Abyssinian house snake
- Conservation status: Least Concern (IUCN 3.1)

Scientific classification
- Kingdom: Animalia
- Phylum: Chordata
- Class: Reptilia
- Order: Squamata
- Suborder: Serpentes
- Family: Lamprophiidae
- Genus: Pseudoboodon
- Species: P. abyssinicus
- Binomial name: Pseudoboodon abyssinicus Mocquard, 1906

= Abyssinian house snake =

- Authority: Mocquard, 1906
- Conservation status: LC

Species of snake

The Abyssinian house snake (Pseudoboodon abyssinicus), or Ethiopian house snake, is a small species of colubrid snake.
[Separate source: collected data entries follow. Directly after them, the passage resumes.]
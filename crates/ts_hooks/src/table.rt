//! The table of the plugins that a transaction asks at its hooks.
ghost use Rattle.std.specs.Prelude.{◌≡◌, [], IfOk, OnOk, OnErr, slice_get};
ghost use Rattle.ts_hooks.specs.Hooks.{with_global, with_session, with_txn, plugins_at, hook_list, Finds};

use crate::hook::Hook;
use std::alloc::Global;
use std::marker::Model;
use ts_link::NoMemory;

/// The plugins of each hook, by their numbers: those of all transactions, those of the session, and those of
/// this transaction.
#[derive(Drop)]
pub struct HookTable {
    global: Vec<(Hook, u32)>,
    session: Vec<(Hook, u32)>,
    txn: Vec<(Hook, u32)>,
}

impl Model for HookTable {
    ghost use Rattle.ts_hooks.specs.Hooks.{HookPlugins};

    ghost Value = { HookPlugins };

    ghost view = { λ t. record
        { global = t.global.items; session = t.session.items; txn = t.txn.items } };
}

// The plugin at this place among those of the hook, or by how many the place is past them.
fn plugin_at(plugins: &[(Hook, u32)], hook: Hook, place: usize) -> Result<u32, usize>
    ensures { Finds (plugins_at hook plugins.now) place result }
{
    let mut left = place;
    for (at, plugin) in plugins {
        if at.is_same(hook) {
            if left == 0 {
                return Ok(*plugin);
            }
            left -= 1;
        }
    }
    Err(left)
}

impl HookTable {
    /// A table with no plugins.
    pub fn new(alloc: Global) -> Result<HookTable, NoMemory>
        ensures { IfOk result (λ t. t ≡ record { global = []; session = []; txn = [] }) }
    {
        Ok(HookTable {
            global: Vec::new(alloc),
            session: Vec::new(alloc),
            txn: Vec::new(alloc),
        })
    }

    /// Adds a plugin of all transactions behind those that were added so.
    pub fn add_global(&mut self, hook: Hook, plugin: u32) -> Result<(), NoMemory>
        ensures ok { OnOk result (self.new ≡ with_global self.old hook plugin) }
        ensures err { OnErr result (self.new ≡ self.old) }
    {
        self.global.push((hook, plugin))?;
        Ok(())
    }

    /// Adds a plugin of the session behind those that were added so.
    pub fn add_session(&mut self, hook: Hook, plugin: u32) -> Result<(), NoMemory>
        ensures ok { OnOk result (self.new ≡ with_session self.old hook plugin) }
        ensures err { OnErr result (self.new ≡ self.old) }
    {
        self.session.push((hook, plugin))?;
        Ok(())
    }

    /// Adds a plugin of this transaction behind those that were added so.
    pub fn add_txn(&mut self, hook: Hook, plugin: u32) -> Result<(), NoMemory>
        ensures ok { OnOk result (self.new ≡ with_txn self.old hook plugin) }
        ensures err { OnErr result (self.new ≡ self.old) }
    {
        self.txn.push((hook, plugin))?;
        Ok(())
    }

    /// The plugin at this place of the hook's list, counted from 0, or nothing at the list's end and past it.
    pub fn next(&self, hook: Hook, place: usize) -> Option<u32>
        ensures { result ≡ slice_get (hook_list self.now hook) place }
    {
        let behind_global = match plugin_at(self.global.as_slice(), hook, place) {
            Ok(plugin) => return Some(plugin),
            Err(left) => left,
        };
        match plugin_at(self.session.as_slice(), hook, behind_global) {
            Ok(plugin) => Some(plugin),
            Err(left) => plugin_at(self.txn.as_slice(), hook, left).ok(),
        }
    }
}
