//! The hooks of a transaction, and what a plugin that is asked at one answers.

ghost use Rattle.std.specs.Prelude.{◌≡◌};
ghost use Rattle.ts_hooks.specs.Hooks.{is_same};

/// The places of a transaction at which plugins are asked, in the order in which it comes to them.
#[derive(Clone, Copy, PartialEq, Eq)]
pub enum Hook {
    /// The transaction begins.
    TxnStart,
    /// The client's request head was read.
    ReadRequestHdr,
    /// The origin's name is about to be looked up.
    OsDns,
    /// The request head is about to be sent to the origin.
    SendRequestHdr,
    /// The origin's response head was read.
    ReadResponseHdr,
    /// The transforms of the response are chosen.
    ResponseTransform,
    /// The response head is about to be sent to the client.
    SendResponseHdr,
    /// The transaction ends.
    TxnClose,
}

impl Hook {
    /// Whether this hook is the other one.
    pub fn is_same(self, other: Hook) -> bool
        ensures { result ≡ is_same self other }
    {
        self == other
    }
}

/// What a plugin says to the transaction that asked it.
#[derive(Clone, Copy)]
pub enum HookAnswer {
    /// The transaction goes on.
    Continue,
    /// The transaction answers the client with an error of the proxy's own.
    Error,
}
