//! How a transaction ends.

/// The end of a transaction, which it tells and a report names.
#[derive(Clone, Copy, Debug, PartialEq, Eq)]
pub enum TxnEnd {
    /// The answer was sent whole, or the client ended before its first byte.
    Whole,
    /// The origin ended in the middle of its body.
    OriginCut,
    /// The body of the origin's response broke its framing.
    OriginBad,
    /// The origin's link failed.
    OriginFault,
    /// The client's link failed.
    ClientFault,
    /// Memory was lacking.
    NoMemory,
}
It was once thought to be endemic to Ethiopia, but has been found in Eritrea recently.

==Appearance==
This is a small snake, attaining lengths of 20-24 in. They are sexually dimorphic, as the females grow larger than the males. The overall colour is a tan brown through orange to red, with large, deep-brown or black stripes running from the rostral scale through the eye to the rear of the head, where they continue down the body. The eyes are large and the pupils are vertically elliptical.

==Behaviour and diet==
Little is known about this species because it is rather uncommon. It is nocturnal by nature and has been known to feed on small mammals and rodents. They breed at the beginning of the rainy season and are, it is assumed, an egg-laying species.